The use of healthy patients as reference groups permits the elaboration of standardized classifiers (periodic system of cells) by the combined reclassification of the most discriminatory parameters of several experimental approaches, performed under different hypotheses (inductive approach). Non cellular molecular parameters for example from blood serum, urine or liquor may be additionally included in the analysis. Data patterns with more and more discriminatory efficiency are obtained in this way (autofocusing). This may permit to identify new disease associated molecular hotspots ("observing molecular medicine"), being otherwise inaccessible to hypothesis development due to the lack of preexisting knowledge.
This concept and data driven molecular top-down approach is at the beginning comparatively independent of prior knowledge about the ultimate molecular causes of disease. It is patient oriented and reduces the use of hypothesis driven systematic perturbations of cellular model systems to acquire knowledge about disease affected molecular pathways and to subsequently investigate these pathways by bottom-up systems biology. Investigations on disease mechanisms are driven by hypothesis development from patient discriminatory data patterns.

1.8 Once a certain molecular knowledge has been accumulated, disease inducing molecular pathways can be explored by retrograde molecular analysis (molecular reverse engineering) of molecular cell phenotype differentials at the cell system level. The pathways can be mathematically modeled biomedical cell systems biology) to further increase the predictive capacity. It is likely that new target molecules and lead structures for drug discovery will be detected by hypothesis-free data pattern classification due to its capacity to address unknown molecular knowledge spaces. In this sense cytomics represents an entry to biomedical cell systems biology.

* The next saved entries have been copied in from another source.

//! Appending to a text. If memory is refused, the text is unchanged.
ghost use Rattle.std.specs.Prelude.{◌≡◌, ◌++◌, ◌∷◌, [], OnErr, OnOk, decimal};
ghost use Rattle.hex.specs.Hex.{encode_lower};
ghost use Rattle.line_text.specs.Named.{named};

use itoa::Buffer;
use std::alloc::AllocError;

/// Appends a number in decimal.
pub fn push_number(out: &mut Vec<u8>, number: u64) -> Result<(), AllocError>
    ensures ok { OnOk result (out.new.items ≡ out.old.items ++ decimal number) }
    ensures err { OnErr result (out.new.items ≡ out.old.items) }
{
    let mut buffer = Buffer::new();
    out.extend_from_slice(buffer.format(number).as_bytes())
}

/// Appends a text.
pub fn push_text(out: &mut Vec<u8>, text: &str) -> Result<(), AllocError>
    ensures ok { OnOk result (out.new.items ≡ out.old.items ++ text.now) }
    ensures err { OnErr result (out.new.items ≡ out.old.items) }
{
    out.extend_from_slice(text.as_bytes())
}

/// Appends a name, and then a number in decimal.
#[tactic(auto, unfolding(crate::specs::Named::named))]
pub fn push_named(out: &mut Vec<u8>, name: &str, number: u64) -> Result<(), AllocError>
    ensures ok { OnOk result (out.new.items ≡ out.old.items ++ named name.now number) }
    ensures err { OnErr result (out.new.items ≡ out.old.items) }
{
    let before = out.len();
    push_text(out, name)?;
    let pushed = push_number(out, number);
    if pushed.is_err() {
        out.truncate(before);
    }
    pushed
}

/// Appends a byte in two lower-case hexadecimal digits.
pub fn push_hex(out: &mut Vec<u8>, byte: u8) -> Result<(), AllocError>
    ensures ok { OnOk result (out.new.items ≡ out.old.items ++ encode_lower (byte ∷ [])) }
    ensures err { OnErr result (out.new.items ≡ out.old.items) }
{
    let mut digits = [0; 2];
    let _ = hex::encode_to_slice([byte].as_slice(), &mut digits);
    out.extend_from_slice(&digits)
}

1.9 The described classification concept concentrates the differentially most informative molecular cell parameters as specific disease classification masks containing typically between 5 and 30 parameters. It does not lead to the determination of ever increasing parameter sets generating frequently interpretation difficulties at the individual patient level. An initial goal of this effort is to build a system of standardized, inter hospital exchangeable and individually predictive data classifiers for patients, possibly within the framework of a human cytome project.

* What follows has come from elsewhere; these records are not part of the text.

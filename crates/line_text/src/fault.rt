//! Why a text is refused.
ghost use Rattle.std.specs.Prelude.{◌≡◌};
ghost use Rattle.line_text.specs.Answers.{at_line};
ghost use Rattle.line_text.specs.WhyNumber.{why_number};

use std::alloc::{AllocError, AllocFailed};
use thiserror::Error;

/// Why a line is refused. The faults of a line are tested in the order of docs/FORMATS.md.
#[derive(Clone, Copy, Debug, PartialEq, Eq, Error)]
pub enum Why {
    /// The line isn't UTF-8.
    #[error("not utf-8")]
    NotUtf8,
    /// The first statement doesn't name a known version.
    #[error("no version")]
    NoVersion,
    /// The second statement doesn't begin with `disk`.
    #[error("no disk")]
    NoDisk,
    /// A first word, or a word that has to be one of a few, is unknown.
    #[error("unknown word")]
    UnknownWord,
    /// The line has too few words.
    #[error("missing word")]
    MissingWord,
    /// The line has too many words.
    #[error("extra word")]
    ExtraWord,
    /// A word that should be a number isn't 1 to 20 decimal digits.
    #[error("bad number")]
    BadNumber,
    /// A number isn't in its range.
    #[error("out of range")]
    OutOfRange,
    /// A pattern isn't an even number of hexadecimal digits, 2 to 128.
    #[error("bad hex")]
    BadHex,
    /// The text has more than 1,048,576 bytes.
    #[error("too long")]
    TooLong,
    /// The second statement of a schedule doesn't begin with `world`.
    #[error("no world")]
    NoWorld,
}

impl Why {
    /// Returns the reason's number, counted from 1 in order of declaration.
    pub fn number(&self) -> u8
        ensures { result ≡ why_number self.now }
    {
        match self {
            Why::NotUtf8 => 1,
            Why::NoVersion => 2,
            Why::NoDisk => 3,
            Why::UnknownWord => 4,
            Why::MissingWord => 5,
            Why::ExtraWord => 6,
            Why::BadNumber => 7,
            Why::OutOfRange => 8,
            Why::BadHex => 9,
            Why::TooLong => 10,
            Why::NoWorld => 11,
        }
    }
}

/// The first fault of a text: its line, counted from 1, and why that line is refused.
#[derive(Clone, Copy, Debug, PartialEq, Eq, Error)]
#[error("line {line}: {why}")]
pub struct ParseFault {
    pub line: u32,
    pub why: Why,
}

/// Two requests of a script that overlap, by their line numbers, counted from 1.
#[derive(Clone, Copy, Debug, PartialEq, Eq, Error)]
#[error("line {line}: overlaps line {earlier}")]
pub struct Overlap {
    /// The later of the two lines.
    pub line: u32,
    pub earlier: u32,
}

/// Why a script or a schedule has no answer. A schedule never has `Overlap`.
#[derive(Clone, Copy, Debug, PartialEq, Eq, Error)]
pub enum ScriptFault {
    /// An allocation was refused.
    #[error("memory")]
    Memory,
    /// The text is refused.
    #[error("{0}")]
    Parse(ParseFault),
    /// Two requests of the script overlap.
    #[error("{0}")]
    Overlap(Overlap),
}

impl From<AllocError> for ScriptFault {
    ghost use Rattle.line_text.specs.declared.fault.ScriptFault.TheVariants.{Memory};

    ghost from_gives = { λ _ fault. fault ≡ Memory };

    fn from(_refused: AllocError) -> Self {
        ScriptFault::Memory
    }
}

impl<T: Drop> From<AllocFailed<T>> for ScriptFault {
    ghost use Rattle.line_text.specs.declared.fault.ScriptFault.TheVariants.{Memory};

    ghost from_gives = { λ _ fault. fault ≡ Memory };

    fn from(_refused: AllocFailed<T>) -> Self {
        ScriptFault::Memory
    }
}

impl From<ParseFault> for ScriptFault {
    ghost use Rattle.line_text.specs.declared.fault.ScriptFault.TheVariants.{Parse};

    ghost from_gives = { λ parse fault. fault ≡ Parse parse };

    fn from(fault: ParseFault) -> Self {
        ScriptFault::Parse(fault)
    }
}

/// Why a call on the words of one line failed.
#[derive(Clone, Copy, Debug, PartialEq, Eq, Error)]
pub enum LineFault {
    /// An allocation was refused.
    #[error("memory")]
    Memory,
    /// The line is refused.
    #[error("{0}")]
    Refused(Why),
}

impl From<AllocError> for LineFault {
    ghost use Rattle.line_text.specs.declared.fault.LineFault.TheVariants.{Memory};

    ghost from_gives = { λ _ fault. fault ≡ Memory };

    fn from(_refused: AllocError) -> Self {
        LineFault::Memory
    }
}

impl From<Why> for LineFault {
    ghost use Rattle.line_text.specs.declared.fault.LineFault.TheVariants.{Refused};

    ghost from_gives = { λ why fault. fault ≡ Refused why };

    fn from(why: Why) -> Self {
        LineFault::Refused(why)
    }
}

/// Returns the result of a call on the words of a line, with the number of that line in its fault.
pub fn at_line<T>(line: u32, outcome: Result<T, Why>) -> Result<T, ParseFault>
    ensures { result ≡ at_line line outcome }
{
    outcome.map_err(|why| ParseFault { line, why })
}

The potential of the concept consists in its general applicability to various areas of clinical or ambulant medicine as illustrated below (chapter 2) by collaborative projects with individual hospitals and institutions as well as within the framework of the European Working Group on Clinical Cell Analysis ( EWGCCA) in the context of clinical cytomics. The apparent challenge is to advance this effort to the patient level in a multistep effort of scientists, clinicians and industry as proposed in the context of the human cytome project (PPT, ref181, ref175, ref170, concepts, definitions, cytomics references) or in the establishment of a periodic system of cells with stem cells or other cell compartments as reference. Despite ressemblance in name, this concept differs significantly from the earlier concept for a plant periodic cell system.